Abstract:With dynamic pricing on the rise, firms are using sophisticated algorithms for price determination. These algorithms are often non-interpretable and there has been a recent interest in their seemingly emergent ability to tacitly collude with each other without any prior communication whatsoever. Most of the previous works investigate algorithmic collusion on simple reinforcement learning (RL) based algorithms operating on a basic market model. Instead, we explore the collusive tendencies of Proximal Policy Optimization (PPO), a state-of-the-art continuous state/action space RL algorithm, on a complex double-sided hierarchical market model of rideshare. For this purpose, we extend a mathematical program network (MPN) based rideshare model to a temporal multi origin-destination setting and use PPO to solve for a repeated duopoly game. Our results indicate that PPO can either converge to a competitive or a collusive equilibrium depending upon the underlying market characteristics, even when the hyper-parameters are held constant.
What problem does this paper attempt to address?
The paper attempts to address the issue of whether complex algorithms (especially reinforcement learning algorithms) in two-sided markets (such as ride-hailing markets) will exhibit tacit collusion behavior in the context of the gradual popularization of dynamic pricing. Specifically, the researchers focus on whether modern reinforcement learning algorithms (such as Proximal Policy Optimization, PPO) will converge to competitive equilibrium or collusive equilibrium in such complex market environments and explore how this behavior is affected by market response speed.

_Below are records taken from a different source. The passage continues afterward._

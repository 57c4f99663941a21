//! A migrator that is resumed after its End.

ghost use Rattle.std.specs.Prelude.{◌≡◌};

use nm_action::{Heard, Tally, Turn};
use nm_actor::Actor;
use nm_base::Geometry;
use nm_migrator::MigratorActor;

/// A migrator that is resumed so often, each time when it gives End: its End is the one after that.
#[derive(Drop)]
pub(crate) struct Resumed<'a> {
    pub(crate) migrator: MigratorActor<'a>,
    /// How often it is still to be resumed.
    pub(crate) left: u32,
}

impl<'a> Actor for Resumed<'a> {
    type Made = Geometry;

    ghost use Rattle.std.specs.Prelude.{[], refl};
    ghost use Rattle.nm_migrator.specs.Parts.{migrator_made, migrator_number, worker_counted, IsNewMigrator, AgreesMigrator};

    ghost made = { λ r. (migrator_made r.migrator).0 };

    ghost geometry = { λ g. g };

    ghost number = { migrator_number };

    ghost is_new = { λ r. IsNewMigrator r.migrator };

    ghost agrees = { λ r. AgreesMigrator r.migrator };

    ghost counted = { λ r. worker_counted r.migrator.worker };

    fn next(&mut self, heard: Heard) -> Turn {
        let turn = self.migrator.next(heard);
        let Turn::End = turn else { return turn };
        if self.left == 0 {
            return turn;
        }
        self.left -= 1;
        self.migrator.resume();
        self.migrator.next(Heard::Start)
    }

    fn tally(&self) -> Tally {
        self.migrator.tally()
    }

    ghost opens = { λ r new. record { worker = record { notes = []; is = refl; next = new.worker.can; events = new.worker.events; ends = new.worker.ends; pages = new.worker.pages; drawn = new.worker.drawn; few = new.worker.few; at = new.worker.next }; part = new.part; empty = tt } };
}
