//! Rows of simulations of scripts.
#![tactic(auto)]

#[cfg(test)]
mod resumed;
#[cfg(test)]
mod rows;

### Background and Motivation
- **The Rise of Dynamic Pricing**: With the proliferation of smartphones and the internet, dynamic pricing technology has been widely applied in many industries, such as gasoline, ticketing, online retail, etc. The ride-hailing industry uses dynamic pricing to increase prices during peak demand periods to ensure the availability of high-priority requests.
- **Black Box Nature of Algorithms**: Most complex machine learning models are black-box models, making it difficult to explain their internal mechanisms. This has raised concerns about the potential for tacit collusion by these algorithms.
- **Collusion Phenomenon**: Collusion refers to the behavior of rational agents cooperating to obtain profits above competitive levels. Although most economies severely punish coordinated collusion between firms, tacit collusion in algorithms still exists, and its causes remain unclear.
### Research Objectives
- **Explore Collusion Tendencies of Modern Algorithms in Complex Markets**: The researchers chose Proximal Policy Optimization (PPO), a state-of-the-art continuous state/action space reinforcement learning algorithm, to experiment in a complex two-sided market model.
- **Compare Collusion Behavior Under Different Market Response Speeds**: The researchers explored the impact of market response speed (i.e., the speed at which the market adjusts to price changes) on collusion behavior.
### Methods
- **Model Extension**: The researchers extended the Mathematical Programming Network (MPN) model to a dynamic multi-origin-destination setting to simulate the complexity of the ride-hailing market.
- **Experimental Design**: The PPO algorithm was used to solve repeated duopoly game problems, and collusion behavior was analyzed by comparing results under different market response speeds.
### Main Contributions
- **Using Modern Reinforcement Learning Algorithms to Study Potential Collusion Behavior in Non-Trivial Markets**.
- **Comparing Collusion Behavior Under Different Market Response Speeds**.
### Conclusion
- **Research Findings**: The PPO algorithm can converge to competitive equilibrium or collusive equilibrium under different market conditions, even with constant hyperparameters.
- **Impact of Market Response Speed**: When the market response speed is fast, competitive pressure reduces platform profits; whereas in slow market response conditions, the algorithm learns to extract consistent profits through collusion.
Through this study, the authors provide new insights into the collusion behavior of modern algorithms in complex markets and offer important references for regulators and enterprises.